Using the data below, copy every line that contains the word "refusal".
== Dataset
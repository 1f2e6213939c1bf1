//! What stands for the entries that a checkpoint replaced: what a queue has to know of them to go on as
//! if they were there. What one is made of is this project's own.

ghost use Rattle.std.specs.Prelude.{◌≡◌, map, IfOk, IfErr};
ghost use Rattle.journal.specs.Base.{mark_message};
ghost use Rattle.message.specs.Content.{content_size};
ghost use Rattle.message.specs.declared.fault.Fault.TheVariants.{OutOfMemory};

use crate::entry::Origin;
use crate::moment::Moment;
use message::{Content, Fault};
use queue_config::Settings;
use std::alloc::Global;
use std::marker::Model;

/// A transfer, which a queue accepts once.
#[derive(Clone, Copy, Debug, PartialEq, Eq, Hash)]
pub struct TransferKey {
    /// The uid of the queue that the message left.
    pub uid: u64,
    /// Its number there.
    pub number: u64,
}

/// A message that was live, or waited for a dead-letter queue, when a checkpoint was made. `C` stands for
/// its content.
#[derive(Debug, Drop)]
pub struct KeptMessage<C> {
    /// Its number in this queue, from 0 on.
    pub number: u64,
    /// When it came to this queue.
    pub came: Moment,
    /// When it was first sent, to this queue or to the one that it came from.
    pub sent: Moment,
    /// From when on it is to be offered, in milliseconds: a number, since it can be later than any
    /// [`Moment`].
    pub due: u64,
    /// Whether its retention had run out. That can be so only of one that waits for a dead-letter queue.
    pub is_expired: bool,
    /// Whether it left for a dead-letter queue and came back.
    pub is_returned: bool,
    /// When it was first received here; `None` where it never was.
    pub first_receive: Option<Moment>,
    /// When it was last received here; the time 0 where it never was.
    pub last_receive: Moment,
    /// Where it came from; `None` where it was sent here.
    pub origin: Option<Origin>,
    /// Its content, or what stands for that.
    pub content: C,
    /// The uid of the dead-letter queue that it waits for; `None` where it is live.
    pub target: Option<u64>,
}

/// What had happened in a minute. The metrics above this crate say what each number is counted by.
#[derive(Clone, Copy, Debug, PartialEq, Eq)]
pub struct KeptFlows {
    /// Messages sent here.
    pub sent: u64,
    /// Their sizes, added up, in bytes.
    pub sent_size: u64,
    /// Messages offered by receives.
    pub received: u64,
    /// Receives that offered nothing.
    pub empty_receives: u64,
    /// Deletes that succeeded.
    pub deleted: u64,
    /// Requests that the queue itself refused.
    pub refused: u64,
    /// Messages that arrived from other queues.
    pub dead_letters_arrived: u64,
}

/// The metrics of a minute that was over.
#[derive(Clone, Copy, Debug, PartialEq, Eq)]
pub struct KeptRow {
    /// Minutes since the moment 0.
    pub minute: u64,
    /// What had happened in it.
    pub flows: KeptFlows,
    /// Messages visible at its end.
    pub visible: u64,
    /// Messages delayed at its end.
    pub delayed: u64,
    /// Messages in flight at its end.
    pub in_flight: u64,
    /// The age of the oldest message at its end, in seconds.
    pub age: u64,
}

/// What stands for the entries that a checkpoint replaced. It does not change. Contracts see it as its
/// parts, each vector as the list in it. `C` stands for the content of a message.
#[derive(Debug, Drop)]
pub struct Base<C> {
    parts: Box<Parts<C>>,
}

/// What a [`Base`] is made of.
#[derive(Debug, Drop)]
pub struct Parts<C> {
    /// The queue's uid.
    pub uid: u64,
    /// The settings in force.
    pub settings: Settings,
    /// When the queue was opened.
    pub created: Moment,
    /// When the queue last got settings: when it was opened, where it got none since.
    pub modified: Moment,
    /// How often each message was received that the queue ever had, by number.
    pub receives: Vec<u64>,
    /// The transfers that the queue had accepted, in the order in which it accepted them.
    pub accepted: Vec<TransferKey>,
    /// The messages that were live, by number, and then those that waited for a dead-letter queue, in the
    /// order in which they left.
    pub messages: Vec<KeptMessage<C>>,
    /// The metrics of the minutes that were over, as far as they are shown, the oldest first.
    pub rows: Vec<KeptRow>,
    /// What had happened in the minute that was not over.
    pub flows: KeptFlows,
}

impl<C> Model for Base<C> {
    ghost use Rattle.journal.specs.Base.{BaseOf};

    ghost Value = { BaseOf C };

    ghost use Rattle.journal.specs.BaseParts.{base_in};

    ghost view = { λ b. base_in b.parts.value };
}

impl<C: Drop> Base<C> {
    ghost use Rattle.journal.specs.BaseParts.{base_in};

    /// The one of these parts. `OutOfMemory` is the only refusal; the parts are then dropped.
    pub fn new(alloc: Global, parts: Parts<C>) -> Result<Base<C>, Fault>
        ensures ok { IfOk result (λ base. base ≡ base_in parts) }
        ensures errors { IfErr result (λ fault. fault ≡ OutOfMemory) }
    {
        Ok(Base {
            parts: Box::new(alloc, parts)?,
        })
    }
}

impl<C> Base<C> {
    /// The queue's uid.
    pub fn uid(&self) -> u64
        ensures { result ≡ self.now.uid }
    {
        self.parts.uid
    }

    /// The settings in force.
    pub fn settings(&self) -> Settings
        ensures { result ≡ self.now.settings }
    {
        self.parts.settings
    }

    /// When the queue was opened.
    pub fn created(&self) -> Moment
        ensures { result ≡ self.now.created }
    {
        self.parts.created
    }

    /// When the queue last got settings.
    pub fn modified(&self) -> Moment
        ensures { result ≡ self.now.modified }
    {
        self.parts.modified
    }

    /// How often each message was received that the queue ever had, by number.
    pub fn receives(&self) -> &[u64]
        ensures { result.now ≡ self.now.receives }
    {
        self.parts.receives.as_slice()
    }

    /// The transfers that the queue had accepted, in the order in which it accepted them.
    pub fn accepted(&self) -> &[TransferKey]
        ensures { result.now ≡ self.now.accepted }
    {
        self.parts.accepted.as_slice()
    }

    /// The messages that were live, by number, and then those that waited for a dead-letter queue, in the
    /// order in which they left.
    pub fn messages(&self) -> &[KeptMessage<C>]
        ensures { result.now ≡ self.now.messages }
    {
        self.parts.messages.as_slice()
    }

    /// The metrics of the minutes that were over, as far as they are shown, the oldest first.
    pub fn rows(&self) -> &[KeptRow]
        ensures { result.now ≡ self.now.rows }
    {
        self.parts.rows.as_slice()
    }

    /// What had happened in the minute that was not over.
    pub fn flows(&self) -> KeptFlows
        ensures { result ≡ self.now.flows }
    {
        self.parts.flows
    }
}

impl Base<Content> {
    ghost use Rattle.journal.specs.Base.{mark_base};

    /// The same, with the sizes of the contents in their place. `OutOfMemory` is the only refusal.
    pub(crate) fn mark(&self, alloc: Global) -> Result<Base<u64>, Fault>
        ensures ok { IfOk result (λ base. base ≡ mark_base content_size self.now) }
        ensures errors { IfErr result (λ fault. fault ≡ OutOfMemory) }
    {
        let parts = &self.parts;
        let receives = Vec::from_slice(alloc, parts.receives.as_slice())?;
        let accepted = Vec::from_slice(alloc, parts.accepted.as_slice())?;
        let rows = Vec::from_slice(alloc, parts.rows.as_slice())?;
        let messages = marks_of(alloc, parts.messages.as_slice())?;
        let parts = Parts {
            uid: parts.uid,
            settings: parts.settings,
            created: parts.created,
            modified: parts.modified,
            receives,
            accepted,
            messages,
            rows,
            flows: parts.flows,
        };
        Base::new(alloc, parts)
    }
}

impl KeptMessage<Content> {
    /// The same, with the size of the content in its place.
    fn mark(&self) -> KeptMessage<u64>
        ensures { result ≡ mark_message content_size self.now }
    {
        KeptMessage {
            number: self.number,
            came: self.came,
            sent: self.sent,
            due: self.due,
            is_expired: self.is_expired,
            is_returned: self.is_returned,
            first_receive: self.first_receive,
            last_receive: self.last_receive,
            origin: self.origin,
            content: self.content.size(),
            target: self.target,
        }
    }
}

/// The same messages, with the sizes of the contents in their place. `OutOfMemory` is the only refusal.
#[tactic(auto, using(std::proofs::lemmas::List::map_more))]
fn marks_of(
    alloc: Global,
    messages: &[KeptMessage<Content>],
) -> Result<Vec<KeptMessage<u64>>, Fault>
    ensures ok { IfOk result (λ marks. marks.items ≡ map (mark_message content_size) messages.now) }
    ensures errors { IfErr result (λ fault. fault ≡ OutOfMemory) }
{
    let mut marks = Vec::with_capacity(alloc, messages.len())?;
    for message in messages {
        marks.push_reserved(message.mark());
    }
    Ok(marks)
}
====
=== Task result ===
    /// The one of these parts. `OutOfMemory` is the only refusal; the parts are then dropped.
    /// The same, with the sizes of the contents in their place. `OutOfMemory` is the only refusal.
/// The same messages, with the sizes of the contents in their place. `OutOfMemory` is the only refusal.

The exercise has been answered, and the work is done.